DataFrame.apply not working with datetimes · Issue #6125 · pandas-dev/pandas (original) (raw)
When you use apply on a DataFrame with datetimes in, the result is unexpected. This is a dataframe with just integers and strings and the result is that we get the market names back out.

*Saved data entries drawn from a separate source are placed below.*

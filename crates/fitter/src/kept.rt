//! The lists of cuts that a job keeps.

pub mod rows;

ghost use Rattle.std.specs.Prelude.{◌≡◌, ℕ, ◌≤◌, length};
ghost use Rattle.cuts.specs.Limits.{most_cuts};
ghost use Rattle.fitter.specs.Rows.{flat_rows, slot_at};
ghost use Rattle.drawing.specs.Drawing.{most_nodes};

use cuts::cut::Cut;

/// What a node's row holds: how many cuts, and whether they are a kept list.
#[derive(Clone, Copy)]
struct Slot {
    len: u8,
    held: bool,
}

impl Slot {
    /// A row without cuts, which is no kept list.
    const EMPTY: Slot = Slot {
        len: 0,
        held: false,
    };
}

/// Flat rows of cuts, one row for each node, and a slot for each row.
// flat rows in fixed arrays: a job has no heap, and is written as `[v; n]`
#[derive(Drop)]
pub struct Kept {
    cuts: [Cut; 8192],
    slots: [Slot; 256],
    ghost room: { (length cuts ≡ flat_rows) × (length slots ≡ most_nodes) },
    ghost short: { (v : ℕ) → (slot_at slots v).len ≤ most_cuts },
}
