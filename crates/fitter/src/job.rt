//! A job.

pub mod calls;
pub mod changes;
mod making;
pub mod map;
pub mod reading;
mod taking;

ghost use Rattle.std.specs.Prelude.{◌≡◌, ℕ, true, List, length};
ghost use Rattle.cuts.specs.Cuts.{least_cuts};
ghost use Rattle.cuts.specs.Leaves.{sets_of};
ghost use Rattle.drawing.specs.Drawing.{at, is_gate};
ghost use Rattle.drawing.specs.Sets.{elem};
ghost use Rattle.drawing.specs.Tables.{drawing_of};
ghost use Rattle.family.specs.Supplied.{is_width};
ghost use Rattle.fitter.specs.Keeping.{held_of, row_of};

use crate::kept::Kept;
use drawing::table::Table;

/// A drawing, the width and, for some gates, a kept list of cuts. In every job that exists a kept list is
/// the whole list of that gate for the present drawing and width: the same sets, and as many.
#[derive(Drop)]
pub struct Job {
    table: Table,
    width: u8,
    lists: Kept,
    ghost part: { is_width width ≡ true },
    ghost gates: { (v : ℕ) → held_of lists v ≡ true → is_gate (at (drawing_of table).nodes v) ≡ true },
    ghost listed: { (v : ℕ) → held_of lists v ≡ true → (s : List ℕ) → elem s (sets_of (row_of lists v)) ≡ elem s (least_cuts (drawing_of table).nodes width v) },
    ghost counted: { (v : ℕ) → held_of lists v ≡ true → length (row_of lists v) ≡ length (least_cuts (drawing_of table).nodes width v) },
}
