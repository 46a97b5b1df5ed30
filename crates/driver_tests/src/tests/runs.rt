//! Whole runs, and what `settle` says of receipts that were changed afterwards.
ghost use Rattle.std.specs.Prelude.{◌≡◌, ◌≤◌};

use crate::tests::common::{PSS, PXIS, SDBS, Way, byte_of, crowd};
use crate::tests::jobs::{Jobs, commands};
use ahci_driver::{Open, Receipt, RunEnd, SettleFault, run, settle};
use ahci_port::{Port, Reply};
use ncq_journal::{Bytes, Op, Outcome};
use std::alloc::{AllocError, Global};
use std::process::Abort;
use std::sync::Wait;
use std::test::Fail;
use std::thread::Threads;
use test_helpers::TableStep::{Accept, Serve};
use test_helpers::{RISING, TableStep};

/// How a run is set up.
#[derive(Clone, Copy, Debug)]
struct Setting {
    workers: u32,
    depth: u32,
    sectors: usize,
    byte: u8,
    jobs: Jobs,
    way: Way,
}

/// A run that has ended, with what it was asked.
#[derive(Drop)]
struct Ran {
    end: RunEnd,
    jobs: Vec<Op>,
    workers: u32,
    ghost some: { 1 ≤ workers },
}

fn ran_of<R: Threads + Wait + Sync>(rt: &R, alloc: Global, setting: Setting) -> Result<Ran, Fail>
    requires some { 1 ≤ setting.workers }
    requires most { setting.workers ≤ 32 }
{
    let workers = setting.workers;
    let image = vec![in alloc; setting.byte; setting.sectors.saturating_mul(512)]?;
    let port = Port::new(alloc, image, setting.depth)?;
    let jobs = commands(alloc, setting.jobs)?;
    let choosers = crowd(alloc, setting.way, workers)?;
    let end = run(rt, alloc, port, &jobs, workers, choosers, &Open)?;
    Ok(Ran { end, jobs, workers })
}

/// What is looked at once a run has ended, or done to its receipts.
#[derive(Clone, Copy, Debug)]
enum Look {
    Settle,
    /// With no jobs and no receipts.
    SettleNothing,
    Receipts,
    Reply(usize),
    /// The byte that a receipt's one sector is filled with.
    Byte(usize),
    Entries,
    /// The word of PxIS.
    Interrupts,
    /// One byte of a receipt's bytes becomes another.
    Change(usize),
    Swap(usize, usize),
    /// The second becomes a copy of the first.
    Copy(usize, usize),
    Pop,
}

#[derive(Clone, Copy, Debug, PartialEq, Eq)]
enum Said {
    Settled,
    Not(SettleFault),
    Receipts(usize),
    Reply(Option<Reply>),
    Byte(Option<u8>),
    Entries(u64),
    Interrupts(Option<u32>),
    Done,
}

impl Ran {
    fn look(&mut self, alloc: Global, look: Look) -> Result<Said, AllocError> {
        Ok(match look {
            Look::Settle => self.settles(alloc, &self.jobs, &self.end.replies),
            Look::SettleNothing => self.settles(alloc, &[], &[]),
            Look::Receipts => Said::Receipts(self.end.replies.len()),
            Look::Reply(index) => Said::Reply(self.end.replies.get(index).map(|it| it.reply)),
            Look::Byte(index) => Said::Byte(self.end.replies.get(index).and_then(byte_of)),
            Look::Entries => Said::Entries(self.end.port.journal().len()),
            Look::Interrupts => Said::Interrupts(self.end.port.register(PXIS).ok()),
            _ => self.edit(alloc, look)?,
        })
    }

    /// What settling says.
    fn settles(&self, alloc: Global, jobs: &[Op], receipts: &[Receipt]) -> Said {
        told(settle(alloc, &self.end.port, jobs, receipts, self.workers))
    }

    fn edit(&mut self, alloc: Global, look: Look) -> Result<Said, AllocError> {
        let receipts = &mut self.end.replies;
        match look {
            Look::Change(index) => change(alloc, receipts, index),
            Look::Swap(first, second) => {
                if first < receipts.len() && second < receipts.len() {
                    receipts.swap(first, second);
                }
            }
            Look::Copy(from, to) => {
                if from < receipts.len() && to < receipts.len() {
                    receipts[to] = copy(alloc, &receipts[from])?;
                }
            }
            _ => {
                receipts.pop();
            }
        }
        Ok(Said::Done)
    }
}

fn told(settled: Result<(), SettleFault>) -> Said {
    match settled {
        Ok(()) => Said::Settled,
        Err(fault) => Said::Not(fault),
    }
}

fn change(alloc: Global, receipts: &mut [Receipt], index: usize) {
    if let Some(receipt) = receipts.get_mut(index) {
        let empty = Bytes::from_vec(Vec::new(alloc));
        let mut bytes = std::mem::replace(&mut receipt.bytes, empty).into_vec();
        if let Some(last) = bytes.last_mut() {
            *last ^= 1;
        }
        receipt.bytes = Bytes::from_vec(bytes);
    }
}

fn copy(alloc: Global, receipt: &Receipt) -> Result<Receipt, AllocError> {
    let bytes = Vec::from_slice(alloc, receipt.bytes.as_slice())?;
    Ok(Receipt {
        reply: receipt.reply,
        bytes: Bytes::from_vec(bytes),
    })
}

fn equal(rt: &impl Abort, setting: Setting, look: Look, found: Said, wanted: Said) {
    assert!(rt;
        found == wanted,
        "{setting:?}: {look:?} is {found:?}, not {wanted:?}"
    );
}

/// Does a run, and then looks, in this order.
fn plays<R: Threads + Wait + Sync + Abort>(
    rt: &R,
    alloc: Global,
    setting: Setting,
    looks: &[(Look, Said)],
) -> Result<(), Fail>
    requires some { 1 ≤ setting.workers }
    requires most { setting.workers ≤ 32 }
{
    let mut ran = ran_of(rt, alloc, setting)?;
    for (look, wanted) in looks {
        equal(rt, setting, *look, ran.look(alloc, *look)?, *wanted);
    }
    Ok(())
}

/// Four workers, two tags, three sectors of 5Ah.
fn few(jobs: Jobs, way: Way) -> Setting
    ensures { result.workers ≡ 4 }
{
    Setting {
        workers: 4,
        depth: 2,
        sectors: 3,
        byte: 0x5a,
        jobs,
        way,
    }
}

/// A run on sectors of zeros.
fn on_zeros(workers: u32, depth: u32, sectors: usize, jobs: Jobs, way: Way) -> Setting
    ensures { result.workers ≡ workers }
{
    Setting {
        workers,
        depth,
        sectors,
        byte: 0,
        jobs,
        way,
    }
}

static IS_SETTLED: [(Look, Said); 1] = [(Look::Settle, Said::Settled)];

static CHANGED: [(Look, Said); 9] = [
    (Look::Interrupts, Said::Interrupts(Some(SDBS))),
    (Look::Byte(5), Said::Byte(Some(0x5a))),
    (Look::Byte(11), Said::Byte(Some(0x5a))),
    (Look::Settle, Said::Settled),
    (Look::SettleNothing, Said::Not(SettleFault::Extra(0))),
    (Look::Change(5), Said::Done),
    (Look::Settle, Said::Not(SettleFault::Wrong(5))),
    (Look::Pop, Said::Done),
    (Look::Settle, Said::Not(SettleFault::Count)),
];

#[test]
fn more_workers_than_tags_settle_their_run(rt: HostRuntime) -> Result<(), Fail> {
    for way in [Way::Highest, Way::All] {
        plays(&rt, rt.alloc(), few(Jobs::Few, way), CHANGED.as_slice())?;
    }
    Ok(())
}

#[test]
fn workers_settle_whatever_their_choosers_answer(rt: HostRuntime) -> Result<(), Fail> {
    static STEPS: [TableStep; 6] = [
        Serve(&[31]),
        Serve(&[]),
        Serve(&[0, 0]),
        Serve(RISING),
        Accept(255),
        TableStep::Fail(0, 0, u64::MAX),
    ];
    for step in STEPS {
        plays(
            &rt,
            rt.alloc(),
            few(Jobs::Few, Way::Always(step)),
            IS_SETTLED.as_slice(),
        )?;
    }
    Ok(())
}

static NOTHING_TO_DO: [(Look, Said); 3] = [
    (Look::Receipts, Said::Receipts(0)),
    (Look::Entries, Said::Entries(0)),
    (Look::Settle, Said::Settled),
];

#[test]
fn a_run_of_no_jobs_leaves_the_port_alone(rt: HostRuntime) -> Result<(), Fail> {
    let setting = few(Jobs::None, Way::Lowest);
    plays(&rt, rt.alloc(), setting, NOTHING_TO_DO.as_slice())
}

static FAILED: [(Look, Said); 7] = [
    (Look::Interrupts, Said::Interrupts(Some(PSS | SDBS))),
    (Look::Receipts, Said::Receipts(2)),
    (
        Look::Reply(0),
        Said::Reply(Some(Reply {
            number: 0,
            entry: 2,
            outcome: Outcome::Failed {
                error: 0x40,
                lba: 0,
            },
        })),
    ),
    (
        Look::Reply(1),
        Said::Reply(Some(Reply {
            number: 5,
            entry: 7,
            outcome: Outcome::Read,
        })),
    ),
    (Look::Byte(1), Said::Byte(Some(0))),
    (Look::Entries, Said::Entries(9)),
    (Look::Settle, Said::Settled),
];

#[test]
fn a_failed_write_changes_nothing_and_the_next_job_goes_on(rt: HostRuntime) -> Result<(), Fail> {
    let setting = on_zeros(1, 1, 8, Jobs::Pair, Way::FailsSecond(0));
    plays(&rt, rt.alloc(), setting, FAILED.as_slice())
}

/// In a crowd entries are numbered as threads go, so of a reply the outcome alone is known.
fn fails_alone(rt: &impl Abort, ran: &Ran) {
    let wanted = Outcome::Failed {
        error: 0x10,
        lba: 64,
    };
    for (index, receipt) in ran.end.replies.iter().enumerate() {
        let outcome = receipt.reply.outcome;
        let is_right = outcome == if index == 17 { wanted } else { Outcome::Wrote };
        assert!(rt; is_right, "job {index} is {outcome:?}");
    }
}

#[test]
fn a_write_past_the_end_fails_alone_in_a_crowd(rt: HostRuntime) -> Result<(), Fail> {
    let alloc = rt.alloc();
    for depth in [32, 3, 1] {
        let setting = on_zeros(32, depth, 64, Jobs::Crowd, Way::Highest);
        let mut ran = ran_of(&rt, alloc, setting)?;
        fails_alone(&rt, &ran);
        equal(
            &rt,
            setting,
            Look::Settle,
            ran.look(alloc, Look::Settle)?,
            Said::Settled,
        );
    }
    Ok(())
}

#[test]
fn two_hundred_runs_by_chance_are_settled(rt: HostRuntime) -> Result<(), Fail> {
    for round in 0..200u32 {
        let setting = Setting {
            workers: 1 + round * 7 % 32,
            depth: [1, 3, 32][round as usize % 3],
            sectors: 8,
            byte: 0x5a,
            jobs: Jobs::Few,
            way: Way::Random(u64::from(round)),
        };
        plays(&rt, rt.alloc(), setting, IS_SETTLED.as_slice())?;
    }
    Ok(())
}

static MIXED_UP: [(Look, Said); 7] = [
    (Look::Receipts, Said::Receipts(4_000)),
    (Look::Swap(5, 9), Said::Done),
    (Look::Settle, Said::Not(SettleFault::Wrong(5))),
    (Look::Swap(5, 9), Said::Done),
    (Look::Settle, Said::Settled),
    (Look::Copy(5, 9), Said::Done),
    (Look::Settle, Said::Not(SettleFault::Wrong(9))),
];

#[test]
fn of_four_thousand_jobs_no_receipt_stands_for_another(rt: HostRuntime) -> Result<(), Fail> {
    let setting = on_zeros(8, 8, 64, Jobs::Many, Way::Lowest);
    plays(&rt, rt.alloc(), setting, MIXED_UP.as_slice())
}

positions = pd.DataFrame([[1, 'ABC', 50], [1, 'YUM', 20], [1, 'DEF', 20], [2, 'ABC', 50], [2, 'YUM', 20], [2, 'DEF', 20]], columns=['a', 'market', 'position']) positions.apply(lambda r: r['market'], axis=1) Out[210]: 0 ABC 1 YUM 2 DEF 3 ABC 4 YUM 5 DEF dtype: object
If we replace the data in column 'a' with datetimes, then we get the wrong result - the first value in the market column is repeated:
import datetime
positions = pd.DataFrame([[datetime.datetime(2013, 1, 1), 'ABC', 50], [datetime.datetime(2013, 1, 1), 'YUM', 20], [datetime.datetime(2013, 1, 1), 'DEF', 20], [datetime.datetime(2013, 1, 2), 'ABC', 50], [datetime.datetime(2013, 1, 2), 'YUM', 20], [datetime.datetime(2013, 1, 2), 'DEF', 20]], columns=['a', 'market', 'position']) positions.apply(lambda r: r['market'], axis=1) Out[213]: 0 ABC 1 ABC 2 ABC 3 ABC 4 ABC 5 ABC dtype: object
If you replace the lambda function with a function which prints the object passed in, then you can see that you only ever receive the first row of the dataframe:
def print_input(r): print r return 1
positions.apply(print_input, axis=1) a 2013-01-01 00:00:00 market ABC position 50 Name: 0, dtype: object a 2013-01-01 00:00:00 market ABC position 50 Name: 1, dtype: object a 2013-01-01 00:00:00 market ABC position 50 Name: 2, dtype: object a 2013-01-01 00:00:00 market ABC position 50 Name: 3, dtype: object a 2013-01-01 00:00:00 market ABC position 50 Name: 4, dtype: object a 2013-01-01 00:00:00 market ABC position 50 Name: 5, dtype: object Out[215]: 0 1 1 1 2 1 3 1 4 1 5 1 dtype: int64
This is new in the master, I didn't see it in pandas 0.11.0 or 0.13.0.